Conceiving Citizens: Women and the Politics of Motherhood in Iran

By Firoozeh Kashani-Sabet | Go to book overview

CHAPTER 7
Defrocking the Nation

Unveiling and the Politics of Dress

From travelogues to memoirs, historical literature teems with absorbing accounts of Islamic women and the veil. The harem and the practice of seclusion undoubtedly have something to do with this fascination. Veiling, dictated by law and tradition, consumes contemporary societies beyond the boundaries of Iran. This curiosity makes sense from a historian’s vantage point since Iranian women have twice become subjected to contradictory legal injunctions on veiling, and no study of Iranian women would be considered complete without a mention of veiling.

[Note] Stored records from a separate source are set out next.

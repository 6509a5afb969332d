//! Files in memory, which tell their bytes.
ghost use Rattle.std.specs.Prelude.{◌≡◌, ◌≤◌, [], drop, length, min};
ghost use Rattle.wz_base.specs.Named.{FindsName, bytes_at};
ghost use Rattle.wz_base.specs.Outside.{ReadsFront};

use crate::calls::Calls;
use crate::outside::{Failed, Files, PickFault, Source};

/// Files in memory. Each pick and each read is a call, and those of the given numbers fail.
#[derive(Drop)]
pub struct MemFiles {
    /// The files, each a name with its bytes.
    files: Vec<(String, Vec<u8>)>,
    /// The calls so far.
    calls: Calls,
    /// How many names were asked for and not there.
    misses: u64,
    /// The place of the file that was picked last.
    current: Option<usize>,
    /// How many of its bytes were read.
    at: usize,
    ghost within: { at ≤ length (bytes_at files.items current) },
}

/// The place of the first file of that name.
fn place_of(files: &[(String, Vec<u8>)], name: &str) -> Option<usize>
    ensures { FindsName files.now name.now result }
{
    for (i, file) in files.iter().enumerate() {
        if file.0.as_str() == name {
            return Some(i);
        }
    }
    None
}

/// Moves the first bytes of the rest into the buffer, as many as fit.
fn move_first(rest: &[u8], buf: &mut [u8]) -> usize
    ensures moved { ReadsFront result rest.now buf.new (drop result rest.now) }
    ensures fits { result ≡ min (length rest.now) (length buf.new) }
{
    let count = rest.len().min(buf.len());
    buf[..count].copy_from_slice(&rest[..count]);
    count
}

impl MemFiles {
    ghost use Rattle.wz_base.specs.Calls.{IsFresh};
    ghost use Rattle.wz_base.specs.MemFiles.{calls_of, files_of, misses_of, unread_bytes};

    /// Files by their names; where a name stands twice, the first one counts. No file is picked, no call was made,
    /// and the calls with a number in `failing`, from 1, will fail.
    pub fn new(files: Vec<(String, Vec<u8>)>, failing: Vec<u64>) -> MemFiles
        ensures files { files_of result ≡ files.items }
        ensures unread { unread_bytes result ≡ [] }
        ensures calls { IsFresh (calls_of result) failing.items }
        ensures misses { misses_of result ≡ 0 }
    {
        MemFiles {
            files,
            calls: Calls::new(failing),
            misses: 0,
            current: None,
            at: 0,
        }
    }

    /// The bytes of the current file; none where no file was picked.
    fn current_bytes(&self) -> &[u8]
        ensures { result.now ≡ bytes_at self.now.files.items self.now.current }
    {
        match self.current {
            Some(i) => match self.files.get(i) {
                Some(file) => &file.1,
                None => &[],
            },
            None => &[],
        }
    }
}

impl Source for MemFiles {
    ghost use Rattle.std.specs.Prelude.{◌↔◌, Some, drop, IfOk, IsErr, OnErr};
    ghost use Rattle.wz_base.specs.Calls.{IsListed, OneMore};
    ghost use Rattle.wz_base.specs.MemFiles.{calls_of, files_of, misses_of, unread_bytes};
    ghost use Rattle.wz_base.specs.Named.{bytes_at, bytes_of_name};
    ghost use Rattle.wz_base.specs.Outside.{Reads, RisesOnly};

    ghost left = { λ s. Some (drop s.at (bytes_at s.files.items s.current)) };

    ghost faults = { λ s. s.calls.faults };

    ghost misses = { λ s. s.misses };

    ghost held = { λ s. Some (λ name. bytes_of_name s.files.items name) };

    /// Reads as many bytes as fit and are left. It fails exactly where its number is listed.
    fn read(&mut self, buf: &mut [u8]) -> Result<usize, Failed>
        ensures bytes { IfOk result (λ count. Reads count (Some (unread_bytes self.old)) buf.new (Some (unread_bytes self.new))) }
        ensures err { OnErr result (unread_bytes self.new ≡ unread_bytes self.old) }
        ensures faults { RisesOnly (IsErr result) (calls_of self.old).faults (calls_of self.new).faults }
        ensures misses { misses_of self.new ≡ misses_of self.old }
        ensures held { files_of self.new ≡ files_of self.old }

        ensures fails { IsErr result ↔ IsListed (calls_of self.old) }
        ensures fits { IfOk result (λ count. count ≡ min (length (unread_bytes self.old)) (length buf.new)) }
        ensures calls { OneMore (calls_of self.old) (calls_of self.new) }
    {
        if self.calls.next_fails(false) {
            return Err(Failed);
        }
        let rest = &self.current_bytes()[self.at..];
        let count = move_first(rest, buf);
        self.at += count;
        Ok(count)
    }
}

impl Files for MemFiles {
    ghost use Rattle.std.specs.Prelude.{◌↔◌, Some, IsErrOf, OnErr};
    ghost use Rattle.wz_base.specs.Calls.{IsListed, OneMore};
    ghost use Rattle.wz_base.specs.MemFiles.{calls_of, files_of, misses_of, unread_bytes};
    ghost use Rattle.wz_base.specs.Named.{bytes_of_name};
    ghost use Rattle.wz_base.specs.Outside.{Picks, RisesOnly};

    /// Picks the first file of that name. It fails exactly where its number is listed.
    fn pick(&mut self, name: &str) -> Result<(), PickFault>
        ensures picks { Picks (Some (λ name. bytes_of_name (files_of self.old) name)) name.now result (Some (unread_bytes self.new)) }
        ensures err { OnErr result (unread_bytes self.new ≡ unread_bytes self.old) }
        ensures misses { RisesOnly (IsErrOf result PickFault.NoFile) (misses_of self.old) (misses_of self.new) }
        ensures faults { RisesOnly (IsErrOf result PickFault.ReadFault) (calls_of self.old).faults (calls_of self.new).faults }
        ensures held { files_of self.new ≡ files_of self.old }

        ensures fails { IsErrOf result PickFault.ReadFault ↔ IsListed (calls_of self.old) }
        ensures calls { OneMore (calls_of self.old) (calls_of self.new) }
    {
        if self.calls.next_fails(false) {
            return Err(PickFault::ReadFault);
        }
        match place_of(&self.files, name) {
            Some(i) => {
                self.current = Some(i);
                self.at = 0;
                Ok(())
            }
            None => {
                self.misses = self.misses.saturating_add(1);
                Err(PickFault::NoFile)
            }
        }
    }
}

In Iran, clothing became a barometer of politics. The controversy over dress—the decision to veil or not to veil, the choice to wear or eschew the tie—expressed more than just a personal preference. The choice of attire not only reflected consumer interests and popular tastes but also revealed political proclivities.1 State intervention in fashion signaled an attempt to impose uniformity and control upon the individual. A citizen’s outfit expressed either social conformity or political dissent.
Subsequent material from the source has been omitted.